Processors have a counter-measure for this problem, they use caches, buffers that store a copy of the bytes in RAM. An important one is the L1 cache, typically 16 kilobytes for data and 16 kilobytes for instructions. Small, allowing it to be close to the execution engine. Reading bytes from the L1 cache typically takes 2 or 3 CPU cycles. Next up is the L2 cache, bigger and slower. Upscale processors also have an L3 cache, bigger and slower yet. As process technology improves, those buffers take less space and automatically becomes faster as they get closer to the core, a big reason why newer processors are better and how they manage to use an ever increasing number of transistors.
Those caches are however not a perfect solution. The processor will still stall on a memory access if the data is not available in one of the caches. It cannot continue until the very slow memory bus has supplied the data. Losing a fat hundred CPU cycles is possible on a single instruction.

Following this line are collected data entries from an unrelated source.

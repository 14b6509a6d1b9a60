// Internal. A front: sets of bases of the same first chunks, of which at least one can still reach
// the target if any set can (theory_most, Statement, `Settled`). A front has room for 64 sets; one
// place more holds the set that is being settled.
#![tactic(auto)]

ghost use Rattle.std.specs.Prelude.{◌≡◌};
ghost use Rattle.core_front.specs.lemmas.Tables.{CopySetPre, CopySetPost, MoveSetPre, MoveSetPost, TrialPre};
ghost use Rattle.core_front.specs.lemmas.Tables.{SetCoversPre, SetCoversPost, IsCoveredPost, IsHopelessPost};
ghost use Rattle.core_front.specs.lemmas.Tables.{SettlePre, TakeOutPost, SettlePost};

use core_covering::LEVELS;
use job::CHUNKS;

// How many sets a front has room for.
pub const ROOM: usize = 64;

// One place more holds the set that is being settled.
pub const PLACES: usize = 65;

// The chunk numbers in all places, 500 each.
pub const IDS: usize = 32500;

// The sets of a front. The chunk numbers of set a stand in `chunks` from place 500 a on; `counts`
// says how many they are, and `useds` what the set has used.
#[derive(Drop)]
pub struct Sets {
    pub chunks: [u16; IDS],
    pub counts: [u16; PLACES],
    pub useds: [u64; PLACES],
}

// What sets are judged by: the target, how many chunks may be held, the whole forecast, and a
// number that no later base is below.
#[derive(Clone, Copy)]
pub struct Measure {
    pub target: usize,
    pub held: usize,
    pub all: u64,
    pub smallest: u64,
}

// How many sets a front has, and whether no set was dropped for want of room.
#[derive(Clone, Copy)]
pub struct Front {
    pub sets: usize,
    pub whole: bool,
}

// Copies set a of one front to place b of another.
pub fn copy_set(sets: &Sets, a: usize, to: &mut Sets, b: usize)
    requires { CopySetPre sets.now a to.old b }
    ensures { CopySetPost sets.now a to.old b to.new }
{
    let count = sets.counts[a];
    let n = usize::from(count);
    let from = a * CHUNKS;
    let start = b * CHUNKS;
    to.chunks[start..start + n].copy_from_slice(&sets.chunks[from..from + n]);
    to.counts[b] = count;
    to.useds[b] = sets.useds[a];
}

// Moves set a to place b, which is not behind it.
fn move_set(sets: &mut Sets, a: usize, b: usize)
    requires { MoveSetPre sets.old a b }
    ensures { MoveSetPost sets.old a b sets.new }
{
    let count = sets.counts[a];
    let from = a * CHUNKS;
    let to = from + usize::from(count);
    sets.chunks.copy_within(from..to, b * CHUNKS);
    sets.counts[b] = count;
    sets.useds[b] = sets.useds[a];
}

// Whether set a covers set b.
fn set_covers(by: Measure, opens: &[u64; LEVELS], sets: &Sets, a: usize, b: usize) -> bool
    requires { SetCoversPre by opens.now sets.now a b }
    ensures { SetCoversPost by opens.now sets.now a b result }
{
    let from_a = a * CHUNKS;
    let to_a = from_a + usize::from(sets.counts[a]);
    let from_b = b * CHUNKS;
    let to_b = from_b + usize::from(sets.counts[b]);
    core_covering::covers(
        by.held,
        by.smallest,
        opens,
        &sets.chunks[from_a..to_a],
        sets.useds[a],
        &sets.chunks[from_b..to_b],
        sets.useds[b],
    )
}

// Whether one of the first n sets covers the one in place n.
fn is_covered(by: Measure, opens: &[u64; LEVELS], sets: &Sets, n: usize) -> bool
    requires { TrialPre by opens.now sets.now n }
    ensures { IsCoveredPost by opens.now sets.now n result }
{
    for a in 0..n {
        if set_covers(by, opens, sets, a, n) {
            return true;
        }
    }
    false
}

// Takes out those of the first n sets that the one in place n covers; the others move up. Returns
// how many are left.
fn take_covered_out(by: Measure, opens: &[u64; LEVELS], sets: &mut Sets, n: usize) -> usize
    requires { TrialPre by opens.now sets.old n }
    ensures { TakeOutPost by opens.now sets.old n result sets.new }
{
    let mut left: usize = 0;
    for a in 0..n {
        if !set_covers(by, opens, sets, n, a) {
            move_set(sets, a, left);
            left += 1;
        }
    }
    left
}

// Whether the set in place n can't reach the target; row: the needs of the chunks behind it.
fn is_hopeless(by: Measure, row: &[u64], opens: &[u64; LEVELS], sets: &Sets, n: usize) -> bool
    requires { SettlePre by row.now opens.now sets.now n }
    ensures { IsHopelessPost by row.now opens.now sets.now n result }
{
    let from = n * CHUNKS;
    let to = from + usize::from(sets.counts[n]);
    core_covering::is_hopeless(
        by.target,
        by.held,
        by.all,
        row,
        opens,
        &sets.chunks[from..to],
        sets.useds[n],
    )
}

// Settles the set in place n beside the n sets before it: it is left out if it can't reach the
// target or one of them covers it; else those that it covers give way to it. Where there is no room
// left it is dropped, and the front says that it is not whole.
pub fn settle(by: Measure, row: &[u64], opens: &[u64; LEVELS], sets: &mut Sets, n: usize) -> Front
    requires { SettlePre by row.now opens.now sets.old n }
    ensures { SettlePost by row.now opens.now sets.old n result sets.new }
{
    if is_hopeless(by, row, opens, sets, n) || is_covered(by, opens, sets, n) {
        return Front {
            sets: n,
            whole: true,
        };
    }
    let left = take_covered_out(by, opens, sets, n);
    if ROOM <= left {
        return Front {
            sets: left,
            whole: false,
        };
    }
    move_set(sets, n, left);
    Front {
        sets: left + 1,
        whole: true,
    }
}
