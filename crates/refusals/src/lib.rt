// The refusals of documents 01 and 02: an error enum, whose variants have the documents' numbers.
// A call that may refuse returns a Result with it.
#![tactic(auto)]

ghost use Rattle.std.specs.Prelude.{◌≡◌};
ghost use Rattle.theory_basics.specs.Refusals.{unless};
ghost use Rattle.refusals.specs.Numbers.{number_of, refusal_number};

// A refusal by its name. The sentence of each number stands in docs/CALLS.md.
#[derive(Clone, Copy, Debug, PartialEq, Eq)]
pub enum Refusal {
    EndsEarly = 1,
    UnknownMark = 2,
    BytesAfter = 3,
    Programmes = 4,
    ProgrammeField = 5,
    LayerSize = 6,
    Forecast = 7,
    NotWhole = 8,
    LongFile = 9,
    Sample = 10,
    ShortBuffer = 11,
    NoSamples = 12,
    LateSample = 13,
    TraceLine = 14,
    TraceSlot = 15,
    NoWait = 16,
    Sequence = 17,
    Sz = 18,
    NotPassing = 19,
    Release = 20,
    Slot = 21,
    Fetched = 22,
}

impl Refusal {
    // Its number in the documents.
    pub fn number(self) -> u8
        ensures { result ≡ number_of self }
    {
        self as u8
    }
}

// A refusal, unless the test holds.
pub fn refuse_unless(holds: bool, refusal: Refusal) -> Result<(), Refusal>
    ensures { refusal_number result ≡ unless (number_of refusal) holds }
{
    if holds { Ok(()) } else { Err(refusal) }
}
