// What is decided is so.
ghost use Rattle.decision_jobs.specs.Laws.{YesFollows, NoDoesNotFollow, VerdictsExclude};

/// A query that is answered by `entailed` or `unsatisfiable` follows from the axioms of the document, in all finite
/// interpretations.
pub fn a_yes_follows()
    ensures { YesFollows }
{}

/// One that is answered by `not entailed` or `satisfiable` does not.
pub fn a_no_does_not_follow()
    ensures { NoDoesNotFollow }
{}

/// Two verdicts for one question on one document are never both answered, whatever the budgets.
pub fn verdicts_exclude_each_other()
    ensures { VerdictsExclude }
{}
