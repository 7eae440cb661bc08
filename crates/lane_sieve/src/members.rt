// Questions about one number of a set, and its changes by one number.

ghost use Rattle.std.specs.Prelude.{◌≡◌, ℕ, ◌+◌, ◌-◌, ◌*◌, ◌/◌, ◌^◌, ◌<◌, ◌≤◌, length, true, false, IfSome, IfNone};
ghost use Rattle.std.specs.Prelude.{slice_index};
ghost use Rattle.std.specs.FinSet as set;
ghost use Rattle.lane_sieve.specs.Sets.{number_set, members_below, LacksFrom, LacksBetween, LacksGreater};

/// Whether the number is in the set.
pub fn has_number(words: &[u64], number: u32) -> bool
    ensures { result ≡ set.contains (number_set words.now) number }
{
    let place = number as usize / 64;
    place < words.len() && (words[place] >> (number % 64)) & 1 == 1
}

/// Puts the number into the set.
pub fn put_number(words: &mut [u64], number: u32)
    requires { number / 64 < length words.old }
    ensures { number_set words.new ≡ set.insert (number_set words.old) number }
{
    words[number as usize / 64] |= 1 << (number % 64);
}

/// Takes the number out of the set.
pub fn take_number(words: &mut [u64], number: u32)
    requires { number / 64 < length words.old }
    ensures { number_set words.new ≡ set.remove (number_set words.old) number }
{
    words[number as usize / 64] &= !(1 << (number % 64));
}

/// The least number of the set that is at least `from`.
pub fn next_number(words: &[u64], from: usize) -> Option<usize>
    requires { length words.now ≤ 2 ^ 26 }
    ensures none { IfNone result (LacksFrom (number_set words.now) from) }
    ensures member { IfSome result (λ n. set.contains (number_set words.now) n ≡ true) }
    ensures from { IfSome result (λ n. from ≤ n) }
    ensures least { IfSome result (LacksBetween (number_set words.now) from) }
    ensures within { IfSome result (λ n. n < 64 * length words.now) }
{
    let place = from / 64;
    if place >= words.len() {
        return None;
    }
    let rest = words[place] >> (from % 64);
    if rest != 0 {
        return Some(from + rest.trailing_zeros() as usize);
    }
    let found = next_word(words, place + 1)?;
    Some(64 * found + words[found].trailing_zeros() as usize)
}

/// The first place from `from` on whose word is not 0.
fn next_word(words: &[u64], from: usize) -> Option<usize>
    requires { from ≤ length words.now }
    ensures none { IfNone result ((i : ℕ) → from ≤ i → slice_index words.now i ≡ 0) }
    ensures from { IfSome result (λ n. from ≤ n) }
    ensures within { IfSome result (λ n. n < length words.now) }
    ensures some { IfSome result (λ n. 0 < slice_index words.now n) }
    ensures first { IfSome result (λ n. (i : ℕ) → from ≤ i → i < n → slice_index words.now i ≡ 0) }
{
    for place in from..words.len() {
        if words[place] != 0 {
            return Some(place);
        }
    }
    None
}

/// The greatest number of a set whose last word is not 0.
pub fn last_number(words: &[u64]) -> usize
    requires short { length words.now ≤ 2 ^ 26 }
    requires some { 0 < length words.now }
    requires trimmed { 0 < slice_index words.now (length words.now - 1) }
    ensures member { set.contains (number_set words.now) result ≡ true }
    ensures greatest { LacksGreater (number_set words.now) result }
    ensures within { result < 64 * length words.now }
{
    let last = words.len() - 1;
    64 * last + words[last].ilog2() as usize
}

/// How many numbers the set has.
pub fn count_numbers(words: &[u64]) -> usize
    requires { length words.now ≤ 2 ^ 26 }
    ensures { result ≡ length (members_below (number_set words.now) (64 * length words.now)) }
{
    let mut count = 0;
    for word in words {
        count += word.count_ones() as usize;
    }
    count
}
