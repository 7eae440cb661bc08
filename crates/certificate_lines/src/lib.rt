//! The line format of certificates: a text is its lines, a line its words, and a word may be a number or a name.
//!
//! A certificate is read by a program that is proved, so its format is as plain as the clausal proofs of SAT solvers
//! (DRAT: Wetzler, Heule and Hunt, SAT 2014): one fact on each line, words with one blank between them, numbers in
//! decimal. Names are full IRIs between `<` and `>`, as in RDF 1.1 N-Triples. What differs: nothing is passed over. Two
//! blanks together, a leading zero or a word too many make a line malformed, so a text has one reading at most, and a
//! text without a reading has one first malformed line: the first with which no text begins. That law is proved here
//! once, over any reading of one line more (`Body` and `FirstMalformed` among the specs and proofs); the crates above
//! say only how they read a line.
#![tactic(auto)]

ghost use Rattle.std.specs.Prelude.{◌≡◌, map, true, IfOk, option_map, nat_eq};
ghost use Rattle.std.specs.Char.{is_ascii_digit};
ghost use Rattle.std.specs.List.{list_all, slice_split};
ghost use Rattle.std.specs.Str.Lines.{strip_carriage_return};
ghost use Rattle.certificate_lines.specs.Lines.{lines, is_space, is_blank, words, is_numeral, small_value, number_in};
ghost use Rattle.certificate_lines.specs.Lines.{iri_in};

mod fault;
mod laws;

pub use fault::{LineFault, clamped_line, first_unblank};
pub use laws::{
    iris_are_read_back, lines_are_read_back, numbers_are_read_back, words_are_read_back,
};
pub use shq_terms::{NoMemory, NumberList, Ontology};
use std::alloc::Global;
use std::str;

/// The lines of a text, cut at line feeds. A carriage return at the end of a line is dropped. A line feed at the end of
/// the text has an empty line after it.
pub fn lines(alloc: Global, text: &[u8]) -> Result<Vec<&[u8]>, NoMemory>
    ensures { IfOk result (λ ls. map (λ l. l.now) ls.items ≡ lines text.now) }
{
    let pieces = pieces(alloc, text, b'\n')?;
    let mut lines = Vec::new(alloc);
    for piece in &pieces {
        lines.push(without_return(piece))?;
    }
    Ok(lines)
}

fn pieces(alloc: Global, text: &[u8], mark: u8) -> Result<Vec<&[u8]>, NoMemory>
    ensures { IfOk result (λ ps. map (λ p. p.now) ps.items ≡ slice_split (λ b. nat_eq b mark) text.now) }
{
    Ok(text.split(|byte| *byte == mark).collect(alloc)?)
}

fn without_return(line: &[u8]) -> &[u8]
    ensures { result.now ≡ strip_carriage_return line.now }
{
    if !line.is_empty() && line[line.len() - 1] == b'\r' {
        return &line[..line.len() - 1];
    }
    line
}

/// Whether the line is empty, or of whitespace alone: blanks, tabs and carriage returns.
pub fn is_blank(line: &[u8]) -> bool
    ensures { result ≡ is_blank line.now }
{
    line.iter().all(|byte| is_space(*byte))
}

fn is_space(byte: u8) -> bool
    ensures { result ≡ is_space byte }
{
    byte == b' ' || byte == b'\t' || byte == b'\n' || byte == b'\r'
}

/// The words of a line, which are separated by one blank. Two blanks together, and a blank at either end of the line,
/// make an empty word.
pub fn words(alloc: Global, line: &[u8]) -> Result<Vec<&[u8]>, NoMemory>
    ensures { IfOk result (λ ws. map (λ w. w.now) ws.items ≡ words line.now) }
{
    pieces(alloc, line, b' ')
}

/// The number that the word is in decimal. `None` exactly where it has another character than a digit, no digit or a
/// leading zero, or where the number is 4,294,967,296 or more.
pub fn number(word: &[u8]) -> Option<u32>
    ensures { result ≡ number_in word.now }
{
    if is_numeral(word) {
        return small_value(word);
    }
    None
}

fn is_numeral(word: &[u8]) -> bool
    ensures { result ≡ is_numeral word.now }
{
    are_digits(word) && !word.is_empty() && (word.len() == 1 || word[0] != b'0')
}

fn are_digits(word: &[u8]) -> bool
    ensures { result ≡ list_all is_ascii_digit word.now }
{
    word.iter().all(|byte| byte.is_ascii_digit())
}

fn small_value(digits: &[u8]) -> Option<u32>
    requires { is_numeral digits.now ≡ true }
    ensures { result ≡ small_value digits.now }
{
    match str::from_utf8(digits) {
        Ok(text) => match text.parse::<u32>() {
            Ok(number) => Some(number),
            Err(_) => None,
        },
        Err(_) => unreachable!(),
    }
}

/// What stands between `<` at the word's start and `>` at its end. `None` exactly where it has not both.
pub fn iri(word: &[u8]) -> Option<&[u8]>
    ensures { option_map (λ i. i.now) result ≡ iri_in word.now }
{
    if word.len() > 1 && word[0] == b'<' && word[word.len() - 1] == b'>' {
        return Some(&word[1..word.len() - 1]);
    }
    None
}
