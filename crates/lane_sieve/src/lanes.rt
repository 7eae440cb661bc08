// A table of prints, and the places in it whose prints contain a given one.

ghost use Rattle.std.specs.Prelude.{◌≡◌, ◌==◌, ◌<◌, ◌≤◌, [], ◌∷◌, ◌++◌, length, take, drop, slice_set, OnOk, OnErr};
ghost use Rattle.lane_sieve.specs.Words.{is_subset, places};

use crate::block::{BLOCK, is_part_at, is_part_of_none_at};
use shq_base::NoMemory;
use std::alloc::Global;
use std::marker::Model;

/// A table of prints of 256 bits, each in four words. Contracts see the list of the prints by place.
#[derive(Drop)]
pub struct Lanes {
    prints: Vec<[u64; 4]>,

    /// The first words of the prints, side by side.
    firsts: Vec<u64>,
}

impl Model for Lanes {
    ghost use Rattle.std.specs.Prelude.{List, ℕ, ◌<◌, ◌^◌, length};
    ghost use Rattle.lane_sieve.specs.Columns.{AreFirsts};

    ghost Value = { List (List ℕ) };

    ghost view = { λ t. t.prints.items };

    ghost invariant = { λ t. (length t.prints.items < 2 ^ 32) × AreFirsts t.firsts.items t.prints.items };
}

impl Lanes {
    /// A table with no print. It takes no memory.
    pub fn new(alloc: Global) -> Self
        ensures { result ≡ [] }
    {
        Lanes {
            prints: Vec::new(alloc),
            firsts: Vec::new(alloc),
        }
    }

    /// Puts a print last. A table holds at most `u32::MAX` prints, and one more is a request for memory that is
    /// refused.
    pub fn push(&mut self, print: [u64; 4]) -> Result<(), NoMemory>
        ensures ok { OnOk result (self.new ≡ self.old ++ print ∷ []) }
        ensures err { OnErr result (self.new ≡ self.old) }
    {
        if self.prints.len() >= u32::MAX as usize {
            return Err(NoMemory);
        }
        self.firsts.push(print[0])?;
        if self.prints.push(print).is_err() {
            self.firsts.truncate(self.prints.len());
            return Err(NoMemory);
        }
        Ok(())
    }

    /// Puts a print in place of the one at `place`.
    pub fn set(&mut self, place: u32, print: [u64; 4])
        requires { place < length self.old }
        ensures { self.new ≡ slice_set self.old place print }
    {
        self.prints[place as usize] = print;
        self.firsts[place as usize] = print[0];
    }

    /// Keeps the first `len` prints.
    pub fn cut(&mut self, len: u32)
        requires { len ≤ length self.old }
        ensures { self.new ≡ take len self.old }
    {
        self.prints.truncate(len as usize);
        self.firsts.truncate(len as usize);
    }

    /// How many prints the table has.
    pub fn len(&self) -> u32
        ensures { result ≡ length self.now }
    {
        self.prints.len() as u32
    }

    /// Whether the table has no print.
    pub fn is_empty(&self) -> bool
        ensures { result ≡ (length self.now == 0) }
    {
        self.prints.is_empty()
    }
}

/// Writes to the front of `out` the places whose prints contain each bit of `print`, ascending, and answers how many
/// these are. The rest of `out` stays as it was.
pub fn candidates(print: [u64; 4], table: &Lanes, out: &mut [u32]) -> usize
    requires { length table.now ≤ length out.old }
    ensures count { result ≡ length (places 0 print table.now) }
    ensures found { take result out.new ≡ places 0 print table.now }
    ensures rest { drop result out.new ≡ drop result out.old }
{
    let firsts = table.firsts.as_slice();
    let mut at = 0;
    let mut found = 0;
    while firsts.len() - at >= BLOCK {
        if !is_part_of_none_at(print[0], firsts, at) {
            found = write_covered(&print, table, at, at + BLOCK, out, found);
        }
        at += BLOCK;
    }
    write_covered(&print, table, at, firsts.len(), out, found)
}

/// Where the places before `from` that contain `print` stand at the front of `out`, `found` of them, writes after them
/// those from there to before `to`, and answers how many there are then.
#[inline]
fn write_covered(
    print: &[u64; 4],
    table: &Lanes,
    from: usize,
    to: usize,
    out: &mut [u32],
    found: usize,
) -> usize
    requires room { length table.now ≤ length out.old }
    requires order { from ≤ to }
    requires within { to ≤ length table.now }
    requires found { found ≤ from }
    requires before { take found out.old ≡ places 0 print.now (take from table.now) }
    ensures count { result ≤ to }
    ensures more { found ≤ result }
    ensures found { take result out.new ≡ places 0 print.now (take to table.now) }
    ensures rest { drop result out.new ≡ drop result out.old }
{
    let mut found = found;
    for place in from..to {
        if is_covered(print, &table.prints[place]) {
            out[found] = place as u32;
            found += 1;
        }
    }
    found
}

/// Whether each bit of `print` is a bit of `row`.
#[inline]
fn is_covered(print: &[u64; 4], row: &[u64; 4]) -> bool
    ensures { result ≡ is_subset print.now row.now }
{
    is_part_at(print, row, 0)
}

Tree structures are a problem, they are not cache friendly. Their nodes tend to be scattered throughout the address space. The fastest way to access memory is by reading from sequential addresses. The unit of storage for the L1 cache is 64 bytes. Or in other words, once the processor reads one byte, the next 63 are very fast since they’ll be present in the cache.
Which makes an array by far the most efficient data structure. Also the reason that the .NET List<> class isn’t a list at all, it uses an array for storage. The same for other collection types, like Dictionary, structurally not remotely similar to an array, but internally implemented with arrays.
So your while() statement is very likely to be suffering from CPU stalls because it is dereferencing a pointer to access the BranchData field. The next statement is very cheap because the while() statement already did the heavy lifting of retrieving the value from memory. Assigning the local variable is cheap, a processor uses a buffer for writes.
Not otherwise a simple problem to solve, flattening your tree into arrays is very likely to be unpractical. Not in the least because you typically cannot predict in which order the nodes of the tree will be visited. A red-black tree might help, it isn’t clear from the question. So a simple conclusion to draw is that it is already running as fast you can hope for. And if you need it to go faster then you’ll need better hardware with a faster memory bus. DDR4 is going mainstream this year.